To ensure printability, compositions that minimizing FR, CSC or HCS are preferred. For these physical quantities with nontrivial units, we normalize their values with respect to those of the benchmark alloy, i.e., “Alloy 1” in ref. 59. The distributions of these quantities are shown in Supplementary Fig. 13. More details can be found in ref. 57.

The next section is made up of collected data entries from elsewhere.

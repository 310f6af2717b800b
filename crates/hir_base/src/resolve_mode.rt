//! What the asker of a path chooses: how builtin types and macros are looked for.

/// Whether a module comes before a builtin type of its name.
#[derive(Clone, Copy, Debug, PartialEq, Eq)]
pub enum BuiltinShadowMode {
    /// It does.
    Module,
    /// The builtin type does, as where a type is wanted.
    Other,
}

/// Which macros are asked for.
#[derive(Clone, Copy, Debug, PartialEq, Eq)]
pub enum MacroSubNs {
    Bang,
    Attr,
}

The alloy-specific language

The alloy-specific language proposed in this work plays the key role in representing scientific data in alloy research. Different from many natural languages, materials science data are numerical intensive and bear physics-based causality in between. We design our alloy-specific language and grammar to make it expressive, efficient and flexible. Exemplified in Fig. 1c, d, the key-value pairs can express many quantitative features in alloy research and manufacturing; the scientific notation adopted for the value part covers a broad range (i.e., from −9.999e+99 to +9.999e+99) with a flexible resolution (i.e., ranging from 0.001e-99 to 1.000e+99). The grouping of texts on the composition, structure, and property parts make it straightforward to encode the logic flow of forward prediction and inverse design using the sequence order. It is modular and thus straightforward to include more features and details (e.g., including text blocks on the processing condition, additional microstructural features, and more properties) while remaining readable for human researchers.

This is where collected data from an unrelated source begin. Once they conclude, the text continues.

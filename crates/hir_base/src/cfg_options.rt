//! The options that are set in a crate, after rust-analyzer's `CfgOptions`.
ghost use Rattle.std.specs.Prelude.{◌≡◌, ◌↔◌, [], IfOk, OnOk, OnErr, IsTrue};
ghost use Rattle.std.specs.Cmp.Lexicographic.{pointwise, lists_equiv};
ghost use Rattle.std.specs.Cmp.{partial_equiv_from_equiv};
ghost use Rattle.hir_base.specs.Cfg.{cfg_view, cfgs_view};
ghost use Rattle.hir_base.specs.CfgOptions.{is_set, check, check_all, check_any, Sets, SetAlike};

use crate::cfg::{CfgAtom, CfgExpr};
use std::alloc::{AllocError, Global};
use std::collections::BTreeSet;
use std::marker::Model;

/// The options that are set.
#[derive(Drop)]
pub struct CfgOptions {
    enabled: BTreeSet<CfgAtom>,
}

impl Model for CfgOptions {
    ghost use Rattle.std.specs.Prelude.{List};
    ghost use Rattle.hir_base.specs.declared.cfg.CfgAtom.{CfgAtom};

    ghost Value = { List CfgAtom };

    ghost view = { λ o. o.enabled.keys };
}

impl CfgOptions {
    /// No options.
    pub fn new(alloc: Global) -> CfgOptions
        ensures value { result ≡ [] }
    {
        CfgOptions {
            enabled: BTreeSet::new(alloc),
        }
    }

    /// The same options; no text is copied.
    pub fn clone(&self) -> Result<CfgOptions, AllocError>
        ensures value { IfOk result (λ options. options ≡ self.now) }
    {
        Ok(CfgOptions {
            enabled: self.enabled.clone()?,
        })
    }

    /// Sets one more option.
    pub fn insert(&mut self, atom: CfgAtom) -> Result<(), AllocError>
        ensures ok { OnOk result (Sets self.old self.new atom) }
        ensures err { OnErr result (self.new ≡ self.old) }
    {
        self.enabled.insert(atom)?;
        Ok(())
    }

    /// Whether an option is set.
    pub fn check_atom(&self, atom: &CfgAtom) -> bool
        ensures value { result ≡ is_set self.now atom.now }
    {
        self.enabled.contains(atom)
    }

    /// Whether the same options are set.
    pub fn same(&self, other: &CfgOptions) -> bool
        ensures value { IsTrue result ↔ SetAlike self.now other.now }
    {
        self.enabled.len() == other.enabled.len() && self.enabled == other.enabled
    }

    /// Whether a condition holds, or `None` where an invalid part occurs in it.
    #[cycle(check)]
    pub fn check(&self, cfg: &CfgExpr) -> Option<bool>
        ensures value { result ≡ check (is_set self.now) (cfg_view cfg.now) }
    {
        match cfg {
            CfgExpr::Invalid => None,
            CfgExpr::Const(holds) => Some(*holds),
            CfgExpr::Atom(atom) => Some(self.check_atom(atom)),
            CfgExpr::All(parts) => self.check_all(parts),
            CfgExpr::Any(parts) => self.check_any(parts),
            CfgExpr::Not(part) => match self.check(part) {
                Some(holds) => Some(!holds),
                None => None,
            },
        }
    }

    /// Whether all conditions hold.
    #[cycle(check)]
    fn check_all(&self, parts: &Vec<CfgExpr>) -> Option<bool>
        ensures value { result ≡ check_all (is_set self.now) (cfgs_view parts.now.items) }
    {
        let mut holds = true;
        for part in parts {
            match self.check(part) {
                Some(this) => holds = holds && this,
                None => return None,
            }
        }
        Some(holds)
    }

    /// Whether some condition holds.
    #[cycle(check)]
    fn check_any(&self, parts: &Vec<CfgExpr>) -> Option<bool>
        ensures value { result ≡ check_any (is_set self.now) (cfgs_view parts.now.items) }
    {
        let mut holds = false;
        for part in parts {
            match self.check(part) {
                Some(this) => holds = holds || this,
                None => return None,
            }
        }
        Some(holds)
    }
}

impl PartialEq for CfgOptions {
    ghost use Rattle.hir_base.specs.contracts.cfg.CfgAtomEq.TheImpl.Laws.{laws-law as atom_laws};

    ghost eq = { pointwise (⟦<CfgAtom as PartialEq>⟧.eq) };

    ghost laws = { partial_equiv_from_equiv (lists_equiv atom_laws) };

    fn eq(&self, other: &CfgOptions) -> bool {
        self.enabled == other.enabled
    }
}

impl Eq for CfgOptions {
    ghost use Rattle.hir_base.specs.contracts.cfg.CfgAtomEq.TheImpl.Laws.{laws-law as atom_laws};

    ghost laws = { lists_equiv atom_laws };
}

AlloyGPT model and training

AlloyGPT includes 36 layers of MHA layers and ~400 M trainable parameters. The full structure of the model is shown in Supplementary Fig. 4a. We augment a character-level tokenizer to include words for all elements and signs used in the alloy-specific language. The alloy-specific language dataset includes sentences for both forward prediction and inverse designs. To prepare it, we start with the 523,599 compositions with their structures and properties and randomly separate them into a training set (90% with 471,239 data entries) and a test set (10% with 52,360 entries). For training/testing, each data entry is converted into two sentences with a composition-structure-property and property-structure-composition order using the alloy-specific language, respectively (as shown in Fig. 1c, d). For example, 942,478 sentences corresponding to the 471,239 data entries are used to train the AlloyGPT model. We train the AlloyGPT model from scratch on the training set for 4 epochs with an AdamW optimizer95 using a NVIDIA A40 GPU. No overfitting has been observed (Supplementary Fig. 4b). We developed our code based on nanoGPT96

Design accuracy and diversity evaluation

We use relative L1 errors to measure the design accuracy for the properties.

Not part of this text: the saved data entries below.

//! Which slots may have changed.
ghost use Rattle.std.specs.Prelude.{◌≡◌, true, IsSome, None, OnOk, map as list_map};
ghost use Rattle.hir_collector_rules.specs.HirDefMapRules.State.{variants_at};
ghost use Rattle.hir_collector_rules.specs.HirImportRules.Changed.{everything};
ghost use Rattle.hir_collector_rules.specs.HirItemTree.Collected.{numbered};
ghost use Rattle.hir_collector_rules.specs.HirScope.Entries.{item_at};
ghost use Rattle.hir_collector_rules.specs.Macros.{public_among, public_at, public_named, public_one, textual_at, wanted_among};
ghost use Rattle.hir_collector_state.specs.MacroUses.{with_each};

use hir_base::ids::EnumId;
use hir_base::name::Name;
use hir_collector_rules::crate_attrs::listed;
use hir_collector_rules::hir_nameres::nameres::DefMap;
use hir_collector_rules::hir_scope::item_scope::ItemScope;
use hir_collector_rules::hir_scope::per_ns::MacrosItem;
use hir_collector_start::macro_use::wants_all;
use hir_import_growth::Changed;
use hir_item_tree::attrs::Attr;
use std::alloc::{AllocError, Global};

/// All slots may have changed where an enum gets variants that has some.
pub fn note_variants(changed: &mut Changed, map: &DefMap, id: EnumId)
    ensures fresh { variants_at map.now id ≡ None → changed.new ≡ changed.old }
    ensures again { IsSome (variants_at map.now id) → changed.new ≡ everything }
{
    if map.enum_variants(id).is_some() {
        changed.add_everything();
    }
}

/// How many macros may be compared where so many imports and calls were come upon: it is to cost less than to try these again,
/// and nothing where all of them are tried again anyway.
pub fn most_compared(changed: &Changed, tried: usize) -> usize {
    if changed.is_everything() { 0 } else { tried }
}

/// Whether the same macros, and no more than so many, are in textual scope in two modules that are there.
pub fn has_same_textual(map: &DefMap, home: u32, from: u32, most: usize) -> bool
    ensures same { result ≡ true → textual_at map.now home ≡ textual_at map.now from }
{
    let Some(own) = map.scope(home) else {
        return false;
    };
    let Some(other) = map.scope(from) else {
        return false;
    };
    let macros = own.textual_scope();
    if macros.len() > most {
        return false;
    }
    *macros == *other.textual_scope()
}

/// Notes the name of a macro in the preludes, if it is public.
fn note_public(changed: &mut Changed, name: &Name, item: MacrosItem) -> Result<(), AllocError>
    ensures ok { OnOk result (changed.new ≡ with_each (public_one name.now item) changed.old) }
{
    if item.vis.is_public() {
        changed.add_prelude(name)?;
    }
    Ok(())
}

/// Notes the names of the public macros of a scope.
fn note_all(changed: &mut Changed, scope: &ItemScope) -> Result<(), AllocError>
    ensures ok { OnOk result (changed.new ≡ with_each (public_among scope.now.macros) changed.old) }
{
    for (name, item) in scope.macros() {
        note_public(changed, name, *item)?;
    }
    Ok(())
}

/// Notes a name, if it stands for a public macro in a scope.
fn note_name(changed: &mut Changed, scope: &ItemScope, name: &Name) -> Result<(), AllocError>
    ensures ok { OnOk result (changed.new ≡ with_each (public_named name.now (item_at scope.now.macros name.now)) changed.old) }
{
    match scope.get(name).macros {
        Some(item) => note_public(changed, name, item),
        None => Ok(()),
    }
}

/// Notes those of these names that stand for public macros in a scope.
fn note_names(changed: &mut Changed, scope: &ItemScope, names: &[Name]) -> Result<(), AllocError>
    ensures ok { OnOk result (changed.new ≡ with_each (public_at scope.now.macros names.now) changed.old) }
{
    for name in names {
        note_name(changed, scope, name)?;
    }
    Ok(())
}

/// Notes the names of those macros of a scope that the `macro_use` attributes of an `extern crate` bring.
pub fn note_wanted(
    alloc: Global,
    changed: &mut Changed,
    scope: &ItemScope,
    attrs: &[Attr],
) -> Result<(), AllocError>
    ensures ok { OnOk result (changed.new ≡ with_each (wanted_among (list_map numbered attrs.now) scope.now.macros) changed.old) }
{
    if wants_all(attrs) {
        return note_all(changed, scope);
    }
    let names = listed(alloc, attrs, "macro_use")?;
    note_names(changed, scope, names.as_slice())
}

$${L}_{1}^{{rela}}\left[x,\,y\right]=\frac{\left|y-x\right|}{\left|x\right|}$$
(6)

where x is the ground truth or input value, and y is the achieved value based on the designed composition.

For the repeated designs with the same input target and a fixed prediction temperature, we use the coefficient of variance, CV, to measure the diversity of the suggested compositions.

$${CV}=\frac{\sigma }{\mu }$$
(7)

where \(\sigma\) is the standard deviation and \(\mu\) is the mean of the designed mol% of the individual elements.